Landscape-driven effects on taxonomic, functional, and phylogenetic diversity of vegetation developing on sand-gravel pits of early successional stages

Abstract

Among the key drivers of the progressive transformation of biomes are mining activities, usually leading to the establishment of novel ecosystems, characterized by new species assemblages, combinations of habitats, and unprecedented functioning. It remains unknown how the composition of surrounding land cover may influence species composition, community assembly processes, and the phylogenetic relatedness structure of vegetation developing spontaneously on these de novo established biological systems. In this study, I investigated the influence of different landscape types in the proximity of 31 sand-gravel pits of pioneer successional stages on vegetation's taxonomical, functional, and phylogenetic diversity.

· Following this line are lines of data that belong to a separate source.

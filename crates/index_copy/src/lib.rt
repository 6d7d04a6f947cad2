// The copy of a code through an index (docs/RULES.md, I8).
#![tactic(auto)]

ghost use Rattle.std.specs.Prelude.{◌≡◌, ◌≤◌, length};
ghost use Rattle.options.specs.Index.{used_entry};
ghost use Rattle.options.specs.IndexCopy.{entry_copy, copy_by};
ghost use Rattle.options.specs.IndexCopyClaims.{CopiesByTheWords, CopiesAsPlain};
ghost use Rattle.filled.specs.Fill.{Fills};

use refusal::{Refusal, Rule};

// By an entry that is neither 0 nor 65,535: it is used only if the code, its length byte and its data are there, in one field.
// dhcpopt_index::at_entry makes the same three tests: each refuses with its own type at once, and a function for both would give a third type, which each would match again.
fn copy_entry(m: &[u8], code: u8, place: usize, out: &mut [u8]) -> Result<usize, Refusal>
    requires { (240 ≤ length m.now) × (place ≤ 65535) }
    ensures { Fills (entry_copy place (used_entry m.now code place) out.old) result out.new }
{
    let Some(s) = dhcpopt_index::span_at(m.len(), place) else {
        return Err(Rule::BadIndexEntry.at(place));
    };
    let start = place + 2;
    if s.end < start {
        return Err(Rule::BadIndexEntry.at(place));
    }
    if m[place] != code {
        return Err(Rule::BadIndexEntry.at(place));
    }
    let e = start + num::wide(m[place + 1]);
    if s.end < e {
        return Err(Rule::BadIndexEntry.at(place));
    }
    filled::give(&m[start..e], out)
}

// Copies the bytes of a code to the front of a lent buffer, and gives their number. A code in pieces is copied as the plain copy does.
pub fn copy(m: &[u8], index: &[u16], code: u8, out: &mut [u8]) -> Result<usize, Refusal>
    ensures { Fills (copy_by m.now index.now code out.old) result out.new }
{
    if code == 0 || code == 255 {
        return Err(Rule::BadCode.at(0));
    }
    message::fit(m)?;
    let n = index.len();
    if n != 256 {
        return Err(Rule::BadIndexCount.at(n));
    }
    let entry = index[num::wide(code)];
    if entry == 0 {
        return Err(Rule::NoRoom.at(0));
    }
    if entry == 65535 {
        return lookup::copy(m, code, out);
    }
    copy_entry(m, code, usize::from(entry), out)
}

// What is proved of the definition.
pub fn proved()
    ensures { CopiesByTheWords × CopiesAsPlain }
{}
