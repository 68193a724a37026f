//! Messages of HTTP/1.1, as a client and a server of a package registry write and read them.
//!
//! [`request`] and [`response`] give the bytes of `request_text` and `response_text` (`specs/Writing.antt`). [`read_request`] reads the
//! head of a request: `ReadsHead` of `specs/Request.antt` says which answer comes, over `httparse`'s grammar of heads.
//! [`read_response`] reads a response, with a limit on its body: `Hears` of `specs/Response.antt` says what it answers, over the same
//! grammar and that of the lines before chunks. Both leave one answer, as [`a_request_is_one_head`] and
//! [`a_response_is_heard_one_way`] say, and a response is always heard as something ([`every_response_is_heard`]: whether a head stands
//! in the bytes can be told, since each piece of the grammar is there or isn't, `proofs/Told.antt`).
//!
//! The proof of the writing is that of its `format!` and, for a response, that the lines and then the body are the whole, and that
//! a number that is no status has no phrase (`proofs/Phrases.antt`).
//!
//! The proof of reading a request: `httparse` tells whether the first 65,536 bytes have a head of at most 64 fields, and where its parts
//! are (`proofs/Found.antt`); what holds of them holds of all the bytes, since a head of the grammar begins a text in one way only
//! (`proofs/Fronts.antt`). That leaves bytes that are no head yet, of which `httparse` tells only that some bytes make them one,
//! with any number of fields. Whether 64 fields are enough is told by two trials: the bytes are parsed again with two line feeds
//! behind them, and with a colon and two line feeds.
//!
//! - Where neither trial has more than 64 fields, a head of few fields may come (`unfinished_is` in `proofs/Heads.antt`). For bytes
//!   that end before the fields, it is the head without fields. Else one of the trials ends the field that has begun, or the
//!   head itself (`finish` in `proofs/Finish.antt`, by cases on where the bytes end in their completion), and so that trial has a
//!   head at its front, whose fields are all there are.
//! - Where a trial has more, 64 whole fields and the first byte of another name stand in the bytes, since the trial's own bytes
//!   begin no name. Each head that begins so has more than 64 fields (`full` in `proofs/Full.antt`).
//!
//! `proofs/Meet.antt` has the one lemma on lists under these: two ways to cut a text.
//!
//! The proof of reading a response:
//!
//! - A head that has room in the first 65,536 bytes is a head of those bytes and the other way round (`proofs/ResponseHeads.antt`), so
//!   `httparse` is given these alone, and what it can't read has no head.
//! - What is heard depends on the names and the values of the fields alone. `specs/Named.antt` says it of pairs, which is what
//!   the parser's spans cover; the code goes through the spans, and no field is copied.
//! - `httparse`'s grammar of size lines and the one of `specs/Chunked.antt`, which cuts a line off from its front, agree
//!   (`proofs/SizeLines.antt`). The loop over the chunks has as its invariant that what is left, behind the body so far, is
//!   heard as all the bytes are (`proofs/Chunks.antt`); each step takes some of the bytes, so the steps of the definition last.
#![tactic(auto)]

mod chunked;
mod laws;
mod limits;
mod named;
mod request_head;
mod response_head;
mod writing;

pub use laws::{a_request_is_one_head, a_response_is_heard_one_way, every_response_is_heard};
pub use limits::MAX_HEAD;
pub use request_head::{HttpFault, RequestHead, read_request};
pub use response_head::{Heard, read_response};
pub use writing::{request, response};
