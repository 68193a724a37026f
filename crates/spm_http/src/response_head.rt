ghost use Rattle.std.specs.Prelude.{◌≡◌, ◌+◌, ◌*◌, IfOk, length, nat_lt};
ghost use Rattle.spm_http.specs.Response.{Hears};

use crate::limits::{MAX_FIELDS, MAX_HEAD, front_of};
use crate::named::read_behind;
use httparse::Status;
use httparse::spans::{EMPTY_HEADER_SPAN, parse_response};
use spm_version::{Bytes, NoMemory};
use std::alloc::Global;

/// What is heard of a response.
#[derive(Debug, Drop)]
pub enum Heard {
    /// Its status and its body.
    Whole { status: u16, body: Bytes },
    /// It is no response.
    Garbled,
    /// It is longer than is allowed.
    TooLong,
}

impl Heard {
    /// A copy of what is heard.
    ///
    /// # Errors
    ///
    /// `NoMemory` alone.
    pub fn copy(&self, alloc: Global) -> Result<Heard, NoMemory>
        ensures { IfOk result (λ heard. heard ≡ self.now) }
    {
        match self {
            Heard::Whole { status, body } => Ok(Heard::Whole {
                status: *status,
                body: body.copy(alloc)?,
            }),
            Heard::Garbled => Ok(Heard::Garbled),
            Heard::TooLong => Ok(Heard::TooLong),
        }
    }
}

// Whether the bytes are more than a response with such a limit may have.
fn is_too_long(bytes: &[u8], limit: u64) -> bool
    ensures { result ≡ nat_lt (2 * limit + 65536) (length bytes.now) }
{
    2 * u128::from(limit) + (MAX_HEAD as u128) < bytes.len() as u128
}

/// Reads a response (RFC 9112) whose body may have so many bytes. It is too long where all its bytes are more than twice that
/// limit and 65,536, or its body is above the limit; what follows a body whose length is known is left alone.
///
/// # Errors
///
/// `NoMemory` alone.
pub fn read_response(alloc: Global, bytes: &[u8], limit: u64) -> Result<Heard, NoMemory>
    ensures { Hears result limit bytes.now }
{
    if is_too_long(bytes, limit) {
        return Ok(Heard::TooLong);
    }
    let head = front_of(bytes, MAX_HEAD);
    let mut fields = [EMPTY_HEADER_SPAN; MAX_FIELDS];
    match parse_response(head, &mut fields) {
        Ok(Status::Complete(spans)) => {
            let (fields, _) = fields.split_at(spans.headers);
            let (_, rest) = bytes.split_at(spans.len);
            read_behind(alloc, spans.code, limit, head, fields, rest)
        }
        Ok(Status::Partial) => Ok(Heard::Garbled),
        Err(_) => Ok(Heard::Garbled),
    }
}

Further, I accounted for the effects of the surrounding landscape on ten ecological groups of plant species, and biotic novelty indices as a supporting explanation of mechanisms shaping the species' co-occurrence patterns. I explored that plants' functional and phylogenetic diversity was higher in pits surrounded by riverine landscape, and lower if the contribution of settlements in the surrounding landscape was higher. Both landscape features promoted the occurrence of exotic species on sand-gravel pits, but only the settlements' proportion exerted a positive effect on biotic novelty indices. On the other hand, pits with a prevalence of forests in the surroundings were dominated by phylogenetically diverse, but functionally more homogenous native taxa, reflected, inter alia, in negative effects of forests on biotic novelty indices. Comprehensive assessment of the impacts of the surrounding landscape on different components of plant diversity may be used as a useful predictor in the exploration of successional trajectories, as well as a helpful tool in the formulation of strategies for mining-transformed ecosystems management.